After intervention (3 weeks) and 2 weeks of follow-up, the TSLET group showed statistically significant improvement in the visual digit span test backwards compared with the control group. In secondary outcome, a significant improvement was observed in GDS, BBS, TUG, and 10mWT in the TSLET group. There was no significant difference between the two groups concerning visual digit span test forward, auditory forward and backward digit span tests, K-MMSE, 6MWT, and K-MBI.

Conclusion

TSLET could be a useful alternative strategy for improving cognitive and gait function in stroke patients.

INTRODUCTION

Cerebrovascular disease is an important cause of morbidity in the elderly, and it causes serious cognitive impairment as well as physical disability [1]. Up to 64% of patients who have experienced stroke have some degree of cognitive impairment [2]. Stroke-related cognitive deficits interfere with functional recovery and the potential benefits of rehabilitation [3]. Furthermore, the presence of cognitive impairment increases the risk of recurrent stroke, mortality, and diminishes the activities of daily living [3,4]. Interference in cognitive tasks and motor activity is important for functional improvement in patients with neurological deficits [5]. Therefore, it is necessary to consider both effective cognitive and motor training in rehabilitation therapy.
The positive effects of various training programs on cognition have been identified.

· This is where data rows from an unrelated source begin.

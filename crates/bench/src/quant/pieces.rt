//! The pieces of work that are timed.
ghost use Rattle.apv_base.specs.model.Format.{IsDepth};

use apv_base::Matrix;
use apv_quant::{Scale, Scaling};

/// What is done with a block.
#[derive(Clone, Copy)]
pub enum Piece {
    Scale,
    Quantise,
}

impl Piece {
    /// Takes a block through the piece; out of line, so that the whole result is made.
    #[inline(never)]
    fn apply(self, scale: &Scale, block: &[i16; 64]) -> [i16; 64] {
        match self {
            Piece::Scale => scale.scale_block(block),
            Piece::Quantise => scale.quantise_block(block),
        }
    }

    /// Takes `rounds` blocks through the piece, one of 16 in turn, and sums one value of each result.
    pub fn checksum(self, scale: &Scale, rounds: u32) -> u64 {
        let blocks = blocks();
        let mut sum = 0u64;
        for round in 0..rounds {
            let done = self.apply(scale, &blocks[(round % 16) as usize]);
            sum = added(sum, done[(round % 61) as usize]);
        }
        sum
    }
}

/// Makes the scale of an encoder `rounds` times, at the QPs 0 to 63 in turn, and sums one scaled level of each.
#[inline(never)]
pub fn make_scales(matrix: &Matrix, rounds: u32, depth: u8) -> u64
    requires { IsDepth depth }
{
    let mut sum = 0u64;
    for round in 0..rounds {
        let scale = Scale::of(matrix, (round % 64) as u8, depth);
        sum = added(sum, scale.scaled(9, (round % 61) as u8));
    }
    sum
}

/// Makes the scaling of a decoder as often, with the same sum.
#[inline(never)]
pub fn make_scalings(matrix: &Matrix, rounds: u32, depth: u8) -> u64
    requires { IsDepth depth }
{
    let mut sum = 0u64;
    for round in 0..rounds {
        let scaling = Scaling::of(matrix, (round % 64) as u8, depth);
        sum = added(sum, scaling.scaled(9, (round % 61) as u8));
    }
    sum
}

/// Sixteen blocks of values of both signs.
fn blocks() -> [[i16; 64]; 16] {
    let mut blocks = [[0i16; 64]; 16];
    for index in 0..16u32 {
        for place in 0..64u32 {
            let value = (place * 1237 + index * 777) % 4001;
            blocks[index as usize][place as usize] = value as i16 - 2000;
        }
    }
    blocks
}

/// The sum of a number and a value, modulo 2^64.
fn added(sum: u64, value: i16) -> u64 {
    sum.wrapping_add_signed(i64::from(value))
}
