//! The PBU at a place of an access unit.
ghost use Rattle.std.specs.Prelude.{◌≡◌, ◌≤◌, drop, length, MatchResult, Err};
ghost use Rattle.apv_base.specs.model.Table.{walk};
ghost use Rattle.apv_base.specs.model.Pbu.{pbu_table};
ghost use Rattle.apv_unit.specs.Pbu.{PbuFound};

use apv_base::Rule;
use apv_bits::{be16, be32};

/// A PBU of an access unit (`pbu()`).
#[derive(Clone, Copy, Debug)]
pub struct Pbu<'a> {
    /// `pbu_type`.
    pub kind: u8,
    /// `group_id`.
    pub group: u16,
    /// The bytes after the PBU's header.
    pub body: &'a [u8],
    /// The place in the access unit after the PBU.
    pub next: usize,
}

/// The PBU whose `pbu_size` begins at a place of an access unit, or the first rule that it breaks: V4 to V7, in that
/// order. The place is in the access unit or at its end.
pub fn next_pbu(unit: &[u8], place: usize) -> Result<Pbu<'_>, Rule>
    requires { place ≤ length unit.now }
    ensures { MatchResult result
        (λ p. PbuFound unit.now place (p.kind, p.group, p.body.now, p.next))
        (λ rule. walk 256 pbu_table (drop place unit.now) ≡ Err rule) }
{
    let (_, rest) = unit.split_at(place);
    if rest.len() < 4 {
        return Err(Rule::V4);
    }
    let (_, bytes) = rest.split_at(4);
    let size = be32(rest) as usize;
    if size < 4 {
        return Err(Rule::V5);
    }
    if size > bytes.len() {
        return Err(Rule::V6);
    }
    if rest[7] != 0 {
        return Err(Rule::V7);
    }
    let (_, group) = rest.split_at(5);
    let (_, after) = rest.split_at(8);
    let (body, _) = after.split_at(size - 4);
    Ok(Pbu {
        kind: rest[4],
        group: be16(group),
        body,
        next: place + 4 + size,
    })
}
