//! Strict judging of an access unit: three more rules, which aren't the format's.
ghost use Rattle.std.specs.Prelude.{◌≡◌, ◌≢◌, ◌≤◌, ◌++◌, ◌==◌, ◌||◌, ℕ, true, false, not, List};
ghost use Rattle.std.specs.Prelude.{length, MatchOption, MatchResult};
ghost use Rattle.apv_base.specs.declared.rules.Rule.TheVariants.{V32};
ghost use Rattle.apv_base.specs.model.Answer.{place_of};
ghost use Rattle.apv_base.specs.model.Pbu.{Pbu};
ghost use Rattle.apv_base.specs.model.Body.{with_bodies};
ghost use Rattle.apv_base.specs.model.Unit.{Structure};
ghost use Rattle.apv_base.specs.model.Run.{MAX_UNIT};
ghost use Rattle.apv_base.specs.model.Strict.{HoldsNowhere, HoldsFirstAt, repeats_group};
ghost use Rattle.apv_base.specs.model.Strict.{list_entry, lists, lists_others, IsStrict};
ghost use Rattle.apv_base.specs.model.Strict.{StrictBreaks};
ghost use Rattle.apv_unit.specs.GivesPbu.{IsPbu};
ghost use Rattle.apv_unit.specs.Strict.{IsStrictBreak, HasOnePrimary, has_group, frames_of, IsFrameList, IsListOf};

use crate::kinds::{AU_INFO, is_frame};
use crate::pbus::{Pbus, SoundPbu};
use apv_base::{Break, Place, Rule};

/// `pbu_type` of a primary frame.
const PRIMARY: u8 = 1;

/// `pbu_type` of a non-primary frame.
const NON_PRIMARY: u8 = 2;

/// Whether a `pbu_type` is that of a primary or non-primary frame.
fn is_main(kind: u8) -> bool
    ensures { result ≡ (kind == 1 || kind == 2) }
{
    matches!(kind, PRIMARY | NON_PRIMARY)
}

/// The number of the PBU at which an access unit breaks V32: the second primary frame, or 0 where there is none.
fn primary_break(unit: &[u8]) -> Option<u32>
    requires small { length unit.now ≤ MAX_UNIT }
    requires sound { (pbus : List Pbu) × Structure with_bodies unit.now pbus }
    ensures { (pbus : List Pbu) → Structure with_bodies unit.now pbus
        → MatchOption result (HasOnePrimary pbus) (λ number. StrictBreaks pbus (V32, number)) }
{
    let mut found = false;
    for pbu in Pbus::of(unit) {
        if pbu.kind == PRIMARY {
            if found {
                return Some(pbu.number);
            }
            found = true;
        }
    }
    if found { None } else { Some(0) }
}

/// Puts a group into a set that has a bit for each, and returns whether it wasn't there.
fn insert_group(groups: &mut [u64; 1024], group: u16) -> bool
    ensures was { result ≡ not (has_group groups.old group) }
    ensures now { (other : ℕ) → has_group groups.new other
        ≡ (other == group || has_group groups.old other) }
{
    let word = usize::from(group / 64);
    let bit = 1 << (group % 64);
    let is_new = groups[word] & bit == 0;
    groups[word] |= bit;
    is_new
}

/// The number of the PBU at which an access unit breaks V33: the first primary or non-primary frame whose group another
/// one before it has.
fn group_break(unit: &[u8]) -> Option<u32>
    requires small { length unit.now ≤ MAX_UNIT }
    requires sound { (pbus : List Pbu) × Structure with_bodies unit.now pbus }
    ensures { (pbus : List Pbu) → Structure with_bodies unit.now pbus
        → MatchOption result (HoldsNowhere repeats_group pbus)
        (λ number. HoldsFirstAt repeats_group pbus number) }
{
    let mut groups = [0; 1024];
    for pbu in Pbus::of(unit) {
        if is_main(pbu.kind) && !insert_group(&mut groups, pbu.group) {
            return Some(pbu.number);
        }
    }
    None
}

/// What follows the entry of a frame in access unit information, if the bytes begin with that entry: its `pbu_type`,
/// its `group_id`, a reserved byte and the 12 bytes of its `frame_info()`, with which its body begins.
fn after_entry<'a>(bytes: &'a [u8], frame: &SoundPbu<'_>) -> Option<&'a [u8]>
    ensures { (pbu : Pbu) → IsPbu frame.now pbu
        → MatchOption result ((rest : List ℕ) → bytes.now ≢ list_entry pbu ++ rest)
        (λ rest. bytes.now ≡ list_entry pbu ++ rest.now) }
{
    let group = frame.group.to_be_bytes();
    let (info, _) = frame.body.split_at(usize::min(12, frame.body.len()));
    let Some(after) = bytes.strip_prefix(&[frame.kind, group[0], group[1], 0]) else {
        return None;
    };
    after.strip_prefix(info)
}

/// The list of the frames of an access unit, if a body of access unit information begins with it: their number
/// (`num_frames`) and an entry for each, in the order of the PBUs. The body is compared with the frames one by one.
fn list_by_frames<'a>(unit: &[u8], body: &'a [u8]) -> Option<&'a [u8]>
    requires small { length unit.now ≤ MAX_UNIT }
    requires sound { (pbus : List Pbu) × Structure with_bodies unit.now pbus }
    ensures { (pbus : List Pbu) → Structure with_bodies unit.now pbus
        → MatchOption result (lists (frames_of pbus) body.now ≡ false)
        (λ list. (lists (frames_of pbus) body.now ≡ true) × IsFrameList (frames_of pbus) list.now) }
{
    if body.len() < 2 {
        return None;
    }
    let (_, mut rest) = body.split_at(2);
    let mut count = u16::from_be_bytes([body[0], body[1]]);
    for pbu in Pbus::of(unit) {
        if is_frame(pbu.kind) {
            if count == 0 {
                return None;
            }
            count -= 1;
            let Some(after) = after_entry(rest, &pbu) else {
                return None;
            };
            rest = after;
        }
    }
    if count != 0 {
        return None;
    }
    let (list, _) = body.split_at(body.len() - rest.len());
    Some(list)
}

/// The same for a body that is compared with the list where another body gave it, and with the frames otherwise.
fn list_at_start<'a>(unit: &[u8], body: &'a [u8], known: Option<&'a [u8]>) -> Option<&'a [u8]>
    requires small { length unit.now ≤ MAX_UNIT }
    requires sound { (pbus : List Pbu) × Structure with_bodies unit.now pbus }
    requires known { MatchOption known (Unit {0}) (λ list. IsListOf unit.now list.now) }
    ensures { (pbus : List Pbu) → Structure with_bodies unit.now pbus
        → MatchOption result (lists (frames_of pbus) body.now ≡ false)
        (λ list. (lists (frames_of pbus) body.now ≡ true) × IsFrameList (frames_of pbus) list.now) }
{
    let Some(list) = known else {
        return list_by_frames(unit, body);
    };
    if body.starts_with(list) {
        return Some(list);
    }
    None
}

/// The number of the PBU at which an access unit breaks V34: the first access unit information that lists other frames
/// than those of the unit.
fn list_break(unit: &[u8]) -> Option<u32>
    requires small { length unit.now ≤ MAX_UNIT }
    requires sound { (pbus : List Pbu) × Structure with_bodies unit.now pbus }
    ensures { (pbus : List Pbu) → Structure with_bodies unit.now pbus
        → MatchOption result (HoldsNowhere (lists_others pbus) pbus)
        (λ number. HoldsFirstAt (lists_others pbus) pbus number) }
{
    let mut known = None;
    for pbu in Pbus::of(unit) {
        if pbu.kind == AU_INFO {
            let Some(list) = list_at_start(unit, pbu.body, known) else {
                return Some(pbu.number);
            };
            known = Some(list);
        }
    }
    None
}

/// The break of a rule at a PBU of an access unit, both by their numbers.
fn break_at(unit: u32, pbu: u32, rule: Rule) -> Break
    ensures { result ≡ record { rule = rule; place = place_of unit pbu } }
{
    let place = Place {
        unit,
        pbu,
        tile: 0,
        comp: 0,
    };
    Break { rule, place }
}

/// Judges an access unit strictly, which is the one of that number in its file: the first of V32, V33 and V34 that is
/// broken, and the PBU at which it is. V32 is broken at the second primary frame, or at PBU 0 where there is none; V33
/// at the first primary or non-primary frame whose group another one before it has; V34 at the first access unit
/// information (`au_info()`) whose list isn't that of all frames of the unit in the order of the PBUs, each with its
/// type, its group and the 12 bytes of its `frame_info()`. The structure of the unit is sound, and it has at most
/// 536,870,912 bytes.
pub fn strict(unit: &[u8], number: u32) -> Result<(), Break>
    requires small { length unit.now ≤ MAX_UNIT }
    requires sound { (pbus : List Pbu) × Structure with_bodies unit.now pbus }
    ensures { (pbus : List Pbu) → Structure with_bodies unit.now pbus
        → MatchResult result (λ _. IsStrict pbus) (λ broken. IsStrictBreak pbus number broken) }
{
    if let Some(pbu) = primary_break(unit) {
        return Err(break_at(number, pbu, Rule::V32));
    }
    if let Some(pbu) = group_break(unit) {
        return Err(break_at(number, pbu, Rule::V33));
    }
    if let Some(pbu) = list_break(unit) {
        return Err(break_at(number, pbu, Rule::V34));
    }
    Ok(())
}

Physical activities such as walking and jogging resulted in a reduced risk of cognitive impairment in stroke survivors [6]. In addition, resistance training led to enhancement in cognitive performance and maximized cognitive recovery after a stroke [7]. Tai Chi training, a kind of task-specific training that combines aspects of aerobic, strength, flexibility or balance training, had positive effects in both cognitively impaired adults and healthy older adults. This complex exercise program requiring diverse movements following instructions has demonstrated improvements in various fields such as global cognitive and executive functions, processing speed, attention, and working memories [8]. However, the Tai Chi training is not suitable for stroke patients, as it requires good functional level for independent movement. Another problem with stroke patients is that it is difficult to establish an exercise protocol for them due to multiple factors like aerobic, mobility moment, abdominal breathing, and relaxation exercises.
Task-specific lower extremity training (TSLET) is a complex lower extremity exercise during which subjects learn about lower extremity movement while solving a problem using visual feedback. The TSLET is a relatively safe and easy training method, which can be applied for stroke patients with low functional level. The previous study showed that the TSLET was effective in improving gait and balance compared to conventional physical therapy [9]. However, its effect on cognitive function has not been well established.
Since physical activities such as walking and taskoriented Tai chi training are known to improve cognitive function, we predicted that the TSLET would be likely effective in improving cognitive function in stroke patients.
While the previous study confirmed the effect of TSLET in gait and balance function for 2 weeks [9], the present study was carried out to clarify the training effect for a longer period of 3 weeks and for further 2 weeks for postponed effect.
We aimed to elucidate the effects of TSLET on cognitive and gait function in stroke patients in comparison with conventional physical therapy.

MATERIALS AND METHODS

Study design

A randomized controlled and prospective study was carried out to investigate the effect of TSLET on cognitive and gait function in subacute stroke patients. Thirty-eight patients were randomly assigned to one of the two groups, the TSLET group (n=19) or the control group (n=19). Patients and the assessing physicians were blinded to group allocation [6,10].

Subjects

Patients who had experienced stroke and had been admitted to the Department of Rehabilitation Medicine, Wonju Severance Christian Hospital between June and September 2017 were selected for the present study. These patients were diagnosed with stroke through computed tomography or magnetic resonance imaging. The patients were included in the study based on the following inclusion criteria: (1) age over 20 years, (2) subacute stroke patients within 6 months after stroke, (3) Berg Balance Scale (BBS) of 21-40, (4) patients who did not have a previous history of stroke, and (5) absence of severe musculoskeletal and cardiovascular disease. Patients with secondary brain injury such as recurrence of cerebral infarction or intracranial hemorrhage, hydrocephalus, aphasia, hemineglect, or visual field defect were excluded.
This study was approved by the Institutional Review Boards of Wonju Severance Christian Hospital (No. CR216001) and conducted according to the Declaration of Helsinki and in keeping with local regulations. Written informed consents were obtained from all participants in this study.
The TSLET group received one session of the TSLET (30 minutes) and one session of conventional physical therapy (30 minutes), 5 days a week for 3 weeks. The control group received two sessions of conventional physical therapy (one session, 30 minutes; total, 60 minutes), 5 days a week for 3 weeks. Subsequently, both the groups were equally trained with conventional physical therapy (30 minutes), 5 days a week for 2 weeks to evaluate postponed effect of TSLET. In both the groups, cognitive and gait functions were evaluated before and after 3 weeks and after 5 weeks of training.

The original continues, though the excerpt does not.